Machinery may not yet be at its best; and perhaps lions and tigers will never be at their best, will never make their most graceful leaps or show all their natural splendours, until we erect an ampitheatre and give them a few live people to eat. Yet that sight also is one which we forbid ourselves, with whatever austere self-denial. We give up so many glorious possibilities, in our stern and strenuous and self-sacrificing preference for having a tolerable time. Happiness, in a sense, is a hard taskmaster.
The Outline of Sanity by G.K. Chesterton p. 124
There is no obligation on us to be richer, or busier, or more efficient, or more productive, or more progressive, or in any way worldlier or wealthier, if it does not make us happier. Mankind has as much right to scrap its machinery and live on the land, if it really likes it better, as any man has to sell his old bicycle and go for a walk, if he likes that better. It is obvious that the walk will be slower; but he has no duty to be fast. And if it can be shown that machinery has come into the world as a curse, there is no reason whatever for our respecting it because it is a marvellous and practical and productive curse.

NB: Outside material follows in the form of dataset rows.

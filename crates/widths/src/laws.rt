//! A law over the definitions. The function does nothing: its contract is the law.

ghost use Rattle.widths.specs.Laws.{StandsInOrder, KeepsMembers};

/// The members of a table in byte order of their names are those of the table, and the names ascend.
pub fn in_name_order()
    ensures order { StandsInOrder }
    ensures members { KeepsMembers }
{}
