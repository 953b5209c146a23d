//! What an editor asks for by hand, a range of numbers at a time: which of them are searched, when, and what came of each. No station,
//! no folder and no clock is in it: it is told what came of a search, and asked for the next.
#![tactic(auto)]

mod answer;
mod flying;
mod hand;
pub mod laws;
mod lines;
mod scan;

pub use answer::SearchEnd;
pub use hand::Hand;
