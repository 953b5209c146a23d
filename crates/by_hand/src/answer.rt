//! What came of a number.

ghost use Rattle.std.specs.Prelude.{◌≡◌};
ghost use Rattle.by_hand.specs.Answers.{answer_word};

/// What came of a number that was asked for.
#[derive(Clone, Copy, PartialEq, Eq)]
pub enum SearchEnd {
    /// A tape stands there.
    Tape,
    /// The number is withdrawn.
    Void,
    /// Nothing was found there.
    Nothing,
}

impl SearchEnd {
    /// Its word in the text.
    pub(crate) fn word(self) -> &'static str
        ensures { result.now ≡ answer_word self }
    {
        match self {
            SearchEnd::Tape => "tape",
            SearchEnd::Void => "void",
            SearchEnd::Nothing => "nothing",
        }
    }
}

There is no reason why we should not leave all its powers unused, if we have really come to the conclusion that the powers do us harm.

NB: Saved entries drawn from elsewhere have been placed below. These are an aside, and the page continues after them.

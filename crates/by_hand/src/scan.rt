//! Walks over the numbers of a range: where it ends, and which of them are in a set.

ghost use Rattle.std.specs.Prelude.{◌≡◌, ◌≤◌, ◌<◌, ◌+◌, ◌↔◌, ℕ, true, false, None, IfOk, not, ◌==◌, ◌||◌};
ghost use Rattle.protocol.specs.Limits.{last_number};
ghost use Rattle.gone_out.specs.Numbers.{has};
ghost use Rattle.by_hand.specs.Hands.{EndsAt};
ghost use Rattle.by_hand.specs.Scans.{AreMissing, IsOpenFrom};

use ballots::Number;
use gone_out::Numbers;
use std::alloc::{AllocError, Global};

/// Whether a number is in a set.
fn holds(numbers: &Numbers, place: u32) -> bool
    requires low { 1 ≤ place }
    requires high { place ≤ last_number }
    ensures { result ≡ has numbers.now place }
{
    match Number::new(place) {
        Some(number) => numbers.contains(number),
        None => false,
    }
}

/// The greatest number of a set that is above one; this one, where none is.
fn greatest_from(numbers: &Numbers, first: Number) -> Number
    ensures { EndsAt numbers.now first None result }
{
    let mut last = Number::LAST;
    while last > first.get() && !holds(numbers, last) {
        last -= 1;
    }
    match Number::new(last) {
        Some(number) => number,
        None => first,
    }
}

/// Where a range ends that was asked for.
pub(crate) fn end_of(numbers: &Numbers, first: Number, last: Option<Number>) -> Number
    ensures { EndsAt numbers.now first last result }
{
    match last {
        Some(last) => last,
        None => greatest_from(numbers, first),
    }
}

/// Adds a number to a set, unless another has it.
fn add_missing(others: &mut Numbers, numbers: &Numbers, place: u32)
    requires low { 1 ≤ place }
    requires high { place ≤ last_number }
    ensures here { has others.new place ≡ (has others.old place || not (has numbers.now place)) }
    ensures others { (n : ℕ) → ¬ (n ≡ place) → has others.new n ≡ has others.old n }
{
    if let Some(number) = Number::new(place)
        && !numbers.contains(number)
    {
        others.insert(number);
    }
}

/// The numbers from the first to the last that are not in a set.
pub(crate) fn missing(
    alloc: Global,
    numbers: &Numbers,
    first: Number,
    last: Number,
) -> Result<Numbers, AllocError>
    ensures { IfOk result (AreMissing numbers.now first (last + 1)) }
{
    let mut others = Numbers::new(alloc)?;
    for place in first.get()..last.get() + 1 {
        add_missing(&mut others, numbers, place);
    }
    Ok(others)
}

/// The first number from one on that has no answer; the one behind the last, where each has one.
pub(crate) fn first_open(answered: &Numbers, start: u32, last: Number) -> u32
    requires low { 1 ≤ start }
    requires high { start ≤ last_number + 1 }
    ensures { IsOpenFrom answered.now start last result }
{
    let mut place = start;
    while place <= last.get() && holds(answered, place) {
        place += 1;
    }
    place
}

The Outline of Sanity by G.K. Chesterton p. 123–124
The aim of human polity is human happiness. For those holding certain beliefs it is conditioned by the hope of a larger happiness, which it must not imperil. But happiness, the making glad of the heart of man, is the secular test and the only realistic test.
The Outline of Sanity by G.K. Chesterton p. 123
Like all questions of this sort, it cannot be answered by statistics. Statistics are artificial even when they are not fictitious, for they always assume the very fact which a moral estimate must always deny; they assume that every man is one man. They are based on the sort of atomic theory that the individual is really individual, in the sense of indivisible.
The Outline of Sanity by G.K. Chesterton p. 107–108
Education really meant the teaching of town things to country people who did not want to learn them. I suggest that education should now mean the teaching of country things to town people who do not want to learn them.